▸ TASK INSTRUCTIONS:
Your answer should be the lines from the start of the records through the line with "its callers say.", copied word for word.

BEGIN THE INPUT

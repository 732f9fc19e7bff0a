//! What no clause says of the model's types and of schedules, and no run of a program shows: that ample memory never
//! sees `out of memory` at a list of any length and at copies that no program makes, and tables of schedules from
//! outside: what is read of them, and when they come next.
#![tactic(auto)]

#[cfg(test)]
mod copies;
#[cfg(test)]
mod next;
#[cfg(test)]
mod shared_lists;
#[cfg(test)]
mod spellings;
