//! Which texts are schedules, what they say, and where others stop being one.
use sm_cron::Schedule;
use std::alloc::{AllocError, Global};
use std::test::Fail;

/// Texts, with the seconds or the sets of a schedule, where bit k of a set is the number k, or with the first place at
/// which no schedule goes on. The last two have 257 bytes: how long a schedule may be, its callers say.
static TEXTS: [(&str, &str); 64] = [
    ("rate(1 day)", "Rate(86400)"),
    ("rate(1 days)", "Rate(86400)"),
    ("rate(1000 days)", "Rate(86400000)"),
    ("rate(4 hours)", "Rate(14400)"),
    ("rate(24000 hour)", "Rate(86400000)"),
    ("rate(10 days)", "Rate(864000)"),
    (
        "cron(0 8 1 * ? *)",
        "Cron(Cron { hours: 256, days: 2, last_day: false, months: 8190, weekdays: 254 })",
    ),
    (
        "cron(0 0 L * ? *)",
        "Cron(Cron { hours: 1, days: 0, last_day: true, months: 8190, weekdays: 254 })",
    ),
    (
        "cron(0 */6 ? * TUE *)",
        "Cron(Cron { hours: 266305, days: 4294967294, last_day: false, months: 8190, weekdays: 8 })",
    ),
    (
        "cron(0 22 14 11 ? *)",
        "Cron(Cron { hours: 4194304, days: 16384, last_day: false, months: 2048, weekdays: 254 })",
    ),
    (
        "cron(0 * * * * *)",
        "Cron(Cron { hours: 16777215, days: 4294967294, last_day: false, months: 8190, weekdays: 254 })",
    ),
    (
        "cron(0 */2,1 1-31 JAN-12 SUN-SAT *)",
        "Cron(Cron { hours: 5592407, days: 4294967294, last_day: false, months: 8190, weekdays: 254 })",
    ),
    (
        "cron(0 /7 5/31 /5 MON-5 *)",
        "Cron(Cron { hours: 2113665, days: 32, last_day: false, months: 2114, weekdays: 60 })",
    ),
    (
        "cron(0 23,0,9-9 10,20,30 DEC,FEB,3 7,1 *)",
        "Cron(Cron { hours: 8389121, days: 1074791424, last_day: false, months: 4108, weekdays: 130 })",
    ),
    (
        "cron(0 5/6,22 31 12 SAT *)",
        "Cron(Cron { hours: 12716064, days: 2147483648, last_day: false, months: 4096, weekdays: 128 })",
    ),
    ("", "not in the spelling at byte 0"),
    ("r", "not in the spelling at byte 1"),
    ("Rate(1 day)", "not in the spelling at byte 0"),
    ("rate(10 days", "not in the spelling at byte 12"),
    ("rate(10 days) ", "not in the spelling at byte 13"),
    ("rate(0 days)", "not in the spelling at byte 5"),
    ("rate(010 days)", "not in the spelling at byte 5"),
    ("rate(3 hours)", "not in the spelling at byte 7"),
    ("rate(24001 hours)", "not in the spelling at byte 9"),
    ("rate(1001 days)", "not in the spelling at byte 10"),
    ("rate(5 minutes)", "not in the spelling at byte 7"),
    ("rate( 5 days)", "not in the spelling at byte 5"),
    ("rate(-5 days)", "not in the spelling at byte 5"),
    ("cron(0 24 * * ? *)", "not in the spelling at byte 8"),
    ("cron(0 08 * * ? *)", "not in the spelling at byte 8"),
    ("cron(5 0 1 * ? *)", "not in the spelling at byte 5"),
    ("cron(00 0 1 * ? *)", "not in the spelling at byte 6"),
    ("cron(0  0 1 * ? *)", "not in the spelling at byte 7"),
    ("cron(0 ? 1 * ? *)", "not in the spelling at byte 7"),
    ("cron(0 5-3 1 * ? *)", "not in the spelling at byte 9"),
    ("cron(0 9-1 1 * ? *)", "not in the spelling at byte 10"),
    ("cron(0 1-5/2 1 * ? *)", "not in the spelling at byte 10"),
    ("cron(0 *,1 1 * ? *)", "not in the spelling at byte 8"),
    ("cron(0 1, 1 * ? *)", "not in the spelling at byte 9"),
    ("cron(0 /0 1 * ? *)", "not in the spelling at byte 8"),
    ("cron(0 /32 1 * ? *)", "not in the spelling at byte 9"),
    ("cron(0 0 0 * ? *)", "not in the spelling at byte 9"),
    ("cron(0 0 32 * ? *)", "not in the spelling at byte 10"),
    ("cron(0 0 L-1 * ? *)", "not in the spelling at byte 10"),
    ("cron(0 0 LW * ? *)", "not in the spelling at byte 10"),
    ("cron(0 0 1,L * ? *)", "not in the spelling at byte 11"),
    ("cron(0 0 1 JANU ? *)", "not in the spelling at byte 14"),
    ("cron(0 0 1 JAx ? *)", "not in the spelling at byte 13"),
    ("cron(0 0 1 jan ? *)", "not in the spelling at byte 11"),
    ("cron(0 0 1 /JAN ? *)", "not in the spelling at byte 12"),
    ("cron(0 0 1 13 ? *)", "not in the spelling at byte 12"),
    ("cron(0 0 1 ? * *)", "not in the spelling at byte 11"),
    ("cron(0 0 1 DEC-JAN ? *)", "not in the spelling at byte 15"),
    ("cron(0 0 ? * 0 *)", "not in the spelling at byte 13"),
    ("cron(0 0 ? * 8 *)", "not in the spelling at byte 13"),
    ("cron(0 0 ? * MON#1 *)", "not in the spelling at byte 16"),
    ("cron(0 0 ? * 2L *)", "not in the spelling at byte 14"),
    ("cron(0 0 1 * ? 2024)", "not in the spelling at byte 15"),
    ("cron(0 0 1 * ? * *)", "not in the spelling at byte 16"),
    ("cron(0 0 1 * ? *", "not in the spelling at byte 16"),
    ("cron(0 0 1 * ? *)x", "not in the spelling at byte 17"),
    ("cron(0 0 1 * ?)", "not in the spelling at byte 14"),
    (
        "cron(0 0,0,0,0,0,0,0,0,0,0,0,0,0,0,0,0,0,0,0,0,0,0,0,0,0,0,0,0,0,0,0,0,0,0,0,0,0,0,0,0,0,0,0,0,0,0,0\
         ,0,0,0,0,0,0,0,0,0,0,0,0,0,0,0,0,0,0,0,0,0,0,0,0,0,0,0,0,0,0,0,0,0,0,0,0,0,0,0,0,0,0,0,0,0,0,0,0,0,0\
         ,0,0,0,0,0,0,0,0,0,0,0,0,0,0,0,0,0,0,0,0,0,0,0,0 1 * ? *)",
        "Cron(Cron { hours: 1, days: 2, last_day: false, months: 8190, weekdays: 254 })",
    ),
    (
        "cron(0 0,0,0,0,0,0,0,0,0,0,0,0,0,0,0,0,0,0,0,0,0,0,0,0,0,0,0,0,0,0,0,0,0,0,0,0,0,0,0,0,0,0,0,0,0,0,0\
         ,0,0,0,0,0,0,0,0,0,0,0,0,0,0,0,0,0,0,0,0,0,0,0,0,0,0,0,0,0,0,0,0,0,0,0,0,0,0,0,0,0,0,0,0,0,0,0,0,0,0\
         ,0,0,0,0,0,0,0,0,0,0,0,0,0,0,0,0,0,0,0,0,0,0,0,0 0 * ? *)",
        "not in the spelling at byte 249",
    ),
];

/// What is read of a text.
fn read(alloc: Global, text: &str) -> Result<String, AllocError> {
    match Schedule::read(text.as_bytes()) {
        Ok(schedule) => format!(in alloc; "{schedule:?}"),
        Err(refused) => format!(in alloc; "{refused}"),
    }
}

#[test]
fn texts_are_read_or_refused_at_their_place(rt: HostRuntime) -> Result<(), Fail> {
    for (text, wanted) in &TEXTS {
        let came = read(rt.alloc(), text)?;
        assert!(rt; came.as_str() == *wanted, "{text}: {came}");
    }
    Ok(())
}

END THE INPUT

▸ EXERCISE SOLUTION:
repository 732f9fc19e7bff0a
//! What no clause says of the model's types and of schedules, and no run of a program shows: that ample memory never
//! sees `out of memory` at a list of any length and at copies that no program makes, and tables of schedules from
//! outside: what is read of them, and when they come next.
#![tactic(auto)]

#[cfg(test)]
mod copies;
#[cfg(test)]
mod next;
#[cfg(test)]
mod shared_lists;
#[cfg(test)]
mod spellings;
//! Which texts are schedules, what they say, and where others stop being one.
use sm_cron::Schedule;
use std::alloc::{AllocError, Global};
use std::test::Fail;

/// Texts, with the seconds or the sets of a schedule, where bit k of a set is the number k, or with the first place at
/// which no schedule goes on. The last two have 257 bytes: how long a schedule may be, its callers say.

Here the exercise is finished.